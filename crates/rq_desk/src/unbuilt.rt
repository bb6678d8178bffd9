//! What a node that is the one voter doesn't do yet.
ghost use Rattle.std.specs.Prelude.{◌≡◌};
ghost use Rattle.rq_desk.specs.Asks as spec;

use rq_grammar::Stmt;
use rq_request::{Level, Op};
use rq_statement::Item;

/// What of an ask isn't built.
#[derive(Clone, Copy)]
pub enum Unbuilt {
    /// A list that is done whole or not at all.
    Transaction,
    /// A list that writes and reads.
    Mixed,
    /// The level of a read.
    Level,
    /// How long ago the leader may have been heard.
    Freshness,
    /// Its kind.
    Kind,
}

fn is_select(stmt: &Stmt) -> bool
    ensures { result ≡ spec.is_select stmt.now }
{
    match stmt {
        Stmt::Select(_) => true,
        Stmt::Create { .. }
        | Stmt::Drop { .. }
        | Stmt::Insert { .. }
        | Stmt::Update { .. }
        | Stmt::Delete { .. } => false,
    }
}

fn reads(item: &Item) -> bool
    ensures { result ≡ spec.reads item.now }
{
    match item {
        Item::Run(settled) => is_select(settled.stmt()),
        Item::Fail(_) => false,
    }
}

/// Whether one of the items is a query.
fn has_read(items: &[Item]) -> bool
    ensures { result ≡ spec.has_read items.now }
{
    for item in items {
        if reads(item) {
            return true;
        }
    }
    false
}

fn unbuilt_write(transaction: bool, mixed: bool) -> Option<Unbuilt>
    ensures { result ≡ spec.unbuilt_write transaction mixed }
{
    if transaction {
        Some(Unbuilt::Transaction)
    } else if mixed {
        Some(Unbuilt::Mixed)
    } else {
        None
    }
}

fn unbuilt_level(level: Level) -> Option<Unbuilt>
    ensures { result ≡ spec.unbuilt_level level }
{
    match level {
        Level::None | Level::Weak => None,
        Level::Linearizable | Level::Strong => Some(Unbuilt::Level),
    }
}

/// Why the node doesn't do what it is asked, so far.
pub fn unbuilt_of(op: &Op) -> Option<Unbuilt>
    ensures { result ≡ spec.unbuilt_of op.now }
{
    match op {
        Op::Write { list, mixed } => {
            unbuilt_write(list.transaction(), *mixed && has_read(list.items()))
        }
        Op::Read {
            items: _,
            level,
            freshness,
        } => match freshness {
            None => unbuilt_level(*level),
            Some(_) => Some(Unbuilt::Freshness),
        },
        Op::Queue { .. }
        | Op::Backup { .. }
        | Op::Load { .. }
        | Op::Nodes
        | Op::Ready
        | Op::Join { .. }
        | Op::Remove { .. } => Some(Unbuilt::Kind),
    }
}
========
▸ What is being asked:
Reproduce all of the entries above verbatim.

▸ Answer area:
filename crates/rq_desk/src/unbuilt.rt
repository bb6678d8178bffd9
//! What a node that is the one voter doesn't do yet.
ghost use Rattle.std.specs.Prelude.{◌≡◌};
ghost use Rattle.rq_desk.specs.Asks as spec;

use rq_grammar::Stmt;
use rq_request::{Level, Op};
use rq_statement::Item;

/// What of an ask isn't built.
#[derive(Clone, Copy)]
pub enum Unbuilt {
    /// A list that is done whole or not at all.
    Transaction,
    /// A list that writes and reads.
    Mixed,
    /// The level of a read.
    Level,
    /// How long ago the leader may have been heard.
    Freshness,
    /// Its kind.
    Kind,
}

fn is_select(stmt: &Stmt) -> bool
    ensures { result ≡ spec.is_select stmt.now }
{
    match stmt {
        Stmt::Select(_) => true,
        Stmt::Create { .. }
        | Stmt::Drop { .. }
        | Stmt::Insert { .. }
        | Stmt::Update { .. }
        | Stmt::Delete { .. } => false,
    }
}

fn reads(item: &Item) -> bool
    ensures { result ≡ spec.reads item.now }
{
    match item {
        Item::Run(settled) => is_select(settled.stmt()),
        Item::Fail(_) => false,
    }
}

/// Whether one of the items is a query.
fn has_read(items: &[Item]) -> bool
    ensures { result ≡ spec.has_read items.now }
{
    for item in items {
        if reads(item) {
            return true;
        }
    }
    false
}

fn unbuilt_write(transaction: bool, mixed: bool) -> Option<Unbuilt>
    ensures { result ≡ spec.unbuilt_write transaction mixed }
{
    if transaction {
        Some(Unbuilt::Transaction)
    } else if mixed {
        Some(Unbuilt::Mixed)
    } else {
        None
    }
}

fn unbuilt_level(level: Level) -> Option<Unbuilt>
    ensures { result ≡ spec.unbuilt_level level }
{
    match level {
        Level::None | Level::Weak => None,
        Level::Linearizable | Level::Strong => Some(Unbuilt::Level),
    }
}

/// Why the node doesn't do what it is asked, so far.
pub fn unbuilt_of(op: &Op) -> Option<Unbuilt>
    ensures { result ≡ spec.unbuilt_of op.now }
{
    match op {
        Op::Write { list, mixed } => {
            unbuilt_write(list.transaction(), *mixed && has_read(list.items()))
        }
        Op::Read {
            items: _,
            level,
            freshness,
        } => match freshness {
            None => unbuilt_level(*level),
            Some(_) => Some(Unbuilt::Freshness),
        },
        Op::Queue { .. }
        | Op::Backup { .. }
        | Op::Load { .. }
        | Op::Nodes
        | Op::Ready
        | Op::Join { .. }
        | Op::Remove { .. } => Some(Unbuilt::Kind),
    }
}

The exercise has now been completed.